Don't wait until graduation to get 'stoned'

Powerful Mpat

Mpatanishi Tayari

I remember moving into Alice Lloyd dormitory for the first time three years ago. As a first-year student, the University campus was new to me and I knew few people coming in. Although beginning a new and independent life from my family was exciting, it was scary at the same time. It took our entourage nearly 45 minutes to get from Stockwell Hall to Lloyd and that particular trip, alone, made the University seem even larger and more imposing than ever.

The rain that day bore a gloomy disposition to "move-in day." A day that will always be remembered as the first day of my crazy life.

As a senior, today, I look back over subsequent years at the University and find myself choking back tears.

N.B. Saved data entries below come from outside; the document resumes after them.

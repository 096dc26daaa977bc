// Whether a tape of n items opens over a row.
ghost use Rattle.std.specs.Prelude.{◌≤◌, length, MatchOption, MatchResult};
ghost use Rattle.stores.specs.Tapes.{Begins, FirstWrong, Opens, RefusedRow};

use crate::tape::entry::Entry;
use refusals::{Reason, Refusal};

// A room is at most this, so a tape need not be longer.
pub(super) const LONGEST_ROW: usize = 65_535;

// A for, since over position the proof is ten times as long.
fn first_wrong<R>(row: &[Entry<R>], n: usize) -> Option<usize>
    requires { n ≤ length row.now }
    ensures { MatchOption result (Begins n row.now) (FirstWrong n row.now) }
{
    for (k, entry) in row[..n].iter().enumerate() {
        if usize::from(entry.item) != k {
            return Some(k);
        }
    }
    None
}

pub(super) fn check_row<R>(row: &[Entry<R>], n: usize) -> Result<(), Refusal>
    ensures { MatchResult result (λ _. Opens n row.now) (RefusedRow n row.now) }
{
    if row.len() < n || row.len() > LONGEST_ROW {
        return Err(Reason::BadTapeRow.at(0));
    }
    match first_wrong(row, n) {
        Some(place) => Err(Reason::BadTapeRow.at(place)),
        None => Ok(()),
    }
}
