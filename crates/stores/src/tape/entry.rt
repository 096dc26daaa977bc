// An entry of a tape: an item and a value that it was given, in row form.
#[derive(Clone, Copy, PartialEq, Eq, Debug)]
pub struct Entry<R> {
    pub item: u16,
    pub value: R,
}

Everyone always says that college years are the best of your life, and it seems as if I spent most of my time worrying whether or not I was making the best of my time here.

A few days ago I was compelled to reread an essay that was introduced to me by one of my colleagues. It was a self-told tale about a man who, for reasons unknown to him, found his way back to his alma matter after several years of dire avoidance. The writer remembered his first day at college as being traumatic, and subsequent years as being "punctuated by adversity." After graduation, Dennis Ernst didn't care if he ever returned.

Ernst was actually driving to another destination when he found himself back on campus. "Why am I here?" he asked himself. As the befuddled alum looked around his old stomping grounds 10 years later, he began to recognize a beauty that was never before noticed amidst running to classes and dodging people on the way to the library.

And then he knew. He noticed "The Rock" sitting directly in front of him.

"The Rock" was a four-foot-tall boulder similar to the one we have here at the University. At the college Ernst attended, however, it was described as "a campus symbol of pranks and high jinks"; it was where late-night pranksters would paint obscenities or political statements, tar and feather, or even tee-pee the object.

But years later, Dennis Ernst was taunted by an object that reminded him of all that he had missed during his college years. It is because of Ernst's regretful memories that I encourage first-year students - and others - to make it a priority to get the most out of your college experience.

It is during these four or five years (or more) that you not only grow through academic success, but also through community involvement and building lifelong friendships.

If one of your friends is in theater, don't turn down opportunities to go to his or her performances. As Dennis Ernst looked around his alma mater, he noticed the athletic field where football and intramural games occurred without him. Instead, he went home on weekends. In the spring his fraternity had annual picnics, but he always found something to study instead.

Similarly, don't let these Michigan years pass without singing "Hail To The Victors" at least once during basketball season. Or make time to visit Michigan Union parties when Black Greeks are "steppin." Years later, Dennis regrets knowing "a lot of equations, but not many students." Or memorizing "formulas, but forgetting to have fun." Dennis Ernst also never painted his rock.

Alternately, there are several people who have painted their own rocks in their lifetime. Specifically, I remember and respect my recently deceased and dearly loved grandmother for all she had accomplished through her 90 years of life. Mama Thelma Garrett helped me realize the importance and virtues of selfless acts of involvement and commitment. I think people like my grandmother, who have lived full and colorful lives, are the soundest of us all.

Dennis Ernst went back to his alma mater to encompass this "soundness" and "add color to a ... gray fragment of (his) life." And so, according to Ernst, it took 10 years for him to realize that he had not taken the several opportunities to grow outside the classroom while he was in college.

Consequently, "The Rock" got a fresh coat of paint from an alum late that night.

As we leave behind the third week of classes, and students are inundated with adjustment issues, I hope that students remember the multifaceted aspects of University life that are shown every day through such things as Festifall (which will take place tomorrow), football games, frat parties and others. In essence, don't wait for the rock to hit you.